La seule a échapper a ce traitement indigne c’est bien entendu Leia (cough féminisme cough). Quoique est-ce vrai le cas ? Personnellement j’ai énormément de mal a voir la filiation entre cette Leia masculinisé aux derniers degrés et le personnage original des épisodes 4/5/6. A trop vouloir faire des personnages de “femmes fortes” on obtient surtout des personnages creux.
Sith ou Jedi ?
Un des problèmes récurrents de la franchise Star Wars c’est sa gestion chaotique, voire contradictoire, de la mythologie Jedi. Dans la trilogie originale, la Force est présentée comme un duopole clair/obscur, lumineux/obscur, bien/mal. Une vision simple, zoroastrienne, quasi manichéenne, mais qui avait au moins le mérite d’être cohérente sur le plan narratif.
Puis viennent les préquelles, avec leur fameuse prophétie de l’élu censé “ramener l’équilibre dans la Force”. Équilibre ? Wow, autrement dit un élu qui provoquerai un changement de paradigme vers une conception holistique de la Force et conséquentialiste de la morale ? Un grand écart ! Mais au final cette idée ne sera pas exploitée et Anakin se contentera de rejoindre les rangs des Sith et de massacrer des enfants.
Et voilà qu’en 2017 l’épisode 8 recycle maladroitement la même idée. Kylo Ren nous sort un discours de “transcendance des anciens clivages” matiné de “les vieilles catégories sont dépassées” et “tournons la page” que le film n’a aucun intention de développer ou d’assumer puisque tout suite après Rey prend bizarrement fait et cause avec le parti “des perdants qui aurait mieux fait de disparaître” (cf. Luke). Merci la cohérence.
Des Jedi qui n’en finissent pas de mourir
Il est presque comique de constater à quel point l’extinction des Jedi traîne en longueur. Depuis l’épisode 3.5 on nous répète inlassablement qu’ils sont en voie de disparition, qu’il ne reste qu’une poignée d’adeptes, et que leur Ordre n’est plus qu’un souvenir lointain. Et pourtant… a en croire l’épisode 8, deux heures de coaching suffisent à maîtriser les bases de la Force.

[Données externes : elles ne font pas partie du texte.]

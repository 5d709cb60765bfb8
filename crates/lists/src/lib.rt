// What the crates above share: an answer's number; definitions and laws of lists worked off from the front, leading runs and tables.
#![tactic(auto)]

ghost use Rattle.std.specs.Prelude.{◌≡◌, ℕ, ◌+◌, ◌*◌, ◌^◌, ◌<◌};
ghost use Rattle.lists.specs.Coded.{Coded, coded, numbered, result_coded};

// An answer's number: its code is in the upper 32 bits, what it tells in the lower.
#[tactic(auto, unfolding(crate::specs::Coded::numbered))]
pub fn number(code: u64, told: usize) -> u64
    requires { code * 2 ^ 32 + told < 2 ^ 64 }
    ensures { result ≡ numbered (coded code told) }
{
    code * 0x1_0000_0000 + told as u64
}

// Why a call is refused: each reason has a code and an N.
pub trait Refusing {
    ghost coded: { Self → Coded };

    fn number(self) -> u64
        requires { numbered (coded self) < 2 ^ 64 }
        ensures { result ≡ numbered (coded self) };
}

// The number of an answer that is a length or why there is none.
#[tactic(auto, unfolding(crate::specs::Coded::numbered))]
pub fn number_of<E: Refusing>(answer: Result<usize, E>) -> u64
    requires { numbered (result_coded E.coded answer) < 2 ^ 64 }
    ensures { result ≡ numbered (result_coded E.coded answer) }
{
    match answer {
        Ok(n) => n as u64,
        Err(e) => e.number(),
    }
}
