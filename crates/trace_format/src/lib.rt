// Trace files: the marks of their records, and the parts of a record.
#![tactic(auto)]

pub mod parts;

// The mark of a record; of a row, how many bytes its time has.
#[derive(Clone, Copy)]
pub enum Mark {
    Name,
    Row(usize),
    End,
    Other,
}
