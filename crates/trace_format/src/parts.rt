// The parts of a record: a byte, four bytes, a time, a mark, codes.
ghost use Rattle.std.specs.Prelude.{◌≡◌, ◌+◌, ◌<◌, ◌≤◌, length, get_or};
ghost use Rattle.trace_format.specs.Records.{mark_at_lem, time_bytes, number_at};
ghost use Rattle.trace_format.specs.Parts.{ByteIs, WordIs, TimeThere, RowMarked, WidthIs, FewestIs};
ghost use Rattle.trace_format.specs.Parts.{CodesTo};
ghost use Rattle.trace_format.specs.Format.{row_letter};

use crate::Mark;
use states::codes::first_bad_code;

// The byte at a place.
pub fn byte_at(file: &[u8], at: usize) -> usize
    requires { at < length file.now }
    ensures { ByteIs (get_or file.now at 0) result }
{
    file[at] as usize
}

// The number of four bytes, low first.
pub fn word_at(file: &[u8], at: usize) -> u64
    requires { at + 4 ≤ length file.now }
    ensures { WordIs (number_at 4 file.now at) result }
{
    let a = byte_at(file, at);
    let b = byte_at(file, at + 1);
    let c = byte_at(file, at + 2);
    let d = byte_at(file, at + 3);
    (a + 256 * b + 65536 * c + 16777216 * d) as u64
}

// The number of four bytes, or of eight, low first.
pub fn time_at(file: &[u8], at: usize, w: usize) -> u64
    requires { TimeThere w file.now at }
    ensures { result ≡ number_at w file.now at }
{
    let low = word_at(file, at);
    if w == 4 {
        return low;
    }
    low + 4294967296 * word_at(file, at + 4)
}

// The mark at a place.
#[tactic(auto, unfolding(crate::specs::Records::mark_of))]
pub fn mark_at(file: &[u8], at: usize) -> Mark
    requires { at + 2 ≤ length file.now }
    ensures { result ≡ mark_at_lem file.now at }
{
    match (file[at], file[at + 1]) {
        (b'N', b'M') => Mark::Name,
        (b'R', b'W') => Mark::Row(4),
        (b'R', b'L') => Mark::Row(8),
        (b'E', b'N') => Mark::End,
        _ => Mark::Other,
    }
}

// How many bytes the time of a row has, from its mark.
pub fn width_at(file: &[u8], at: usize) -> usize
    requires { RowMarked file.now at }
    ensures { WidthIs (time_bytes (mark_at_lem file.now at)) result }
{
    if file[at + 1] == b'L' {
        return 8;
    }
    4
}

// How many bytes a time is written with: four where it fits, else eight.
#[tactic(auto, unfolding(crate::specs::Format::fewest))]
pub fn width_of(time: u64) -> usize
    ensures { FewestIs time result }
{
    if time < 4294967296 { 4 } else { 8 }
}

// The second letter of a row's mark.
#[tactic(auto, unfolding(crate::specs::Format::row_letter))]
pub fn letter_of(w: usize) -> u8
    ensures { result ≡ row_letter w }
{
    if w == 8 { b'L' } else { b'W' }
}

// The place of the first code above 7 from one place to another, or the latter.
pub fn codes_to(codes: &[u8], from: usize, to: usize) -> usize
    requires { (from ≤ to) × (to ≤ length codes.now) }
    ensures { CodesTo codes.now from to result }
{
    from + first_bad_code(&codes[from..to])
}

Il faut croire que, dans cette galaxie, les gens sont prêts à faire plusieurs années d’études pour devenir mécanicien de vaisseau, mais pas consacrer une après-midi pour acquérir des super-pouvoirs. Quant à Luke, soi-disant dernier Jedi, exilé sur son ile, il ne semble pas franchement débordé. C’est comme si l’Ordre Jedi devait s’éteindre, non victime de l’adversité, mais juste par flemme.
Finalement c’est peut le message caché de ce film. A force de décisions paresseuses, de ruptures mal assumées avec l’univers original, de personnages creux et d’arcs narratifs sabordés, Disney, par flemme, vient d’assassiner la saga mythique qu’était autrefois Star Wars. Et tout comme l’Ordre Jedi son agonie sera longue.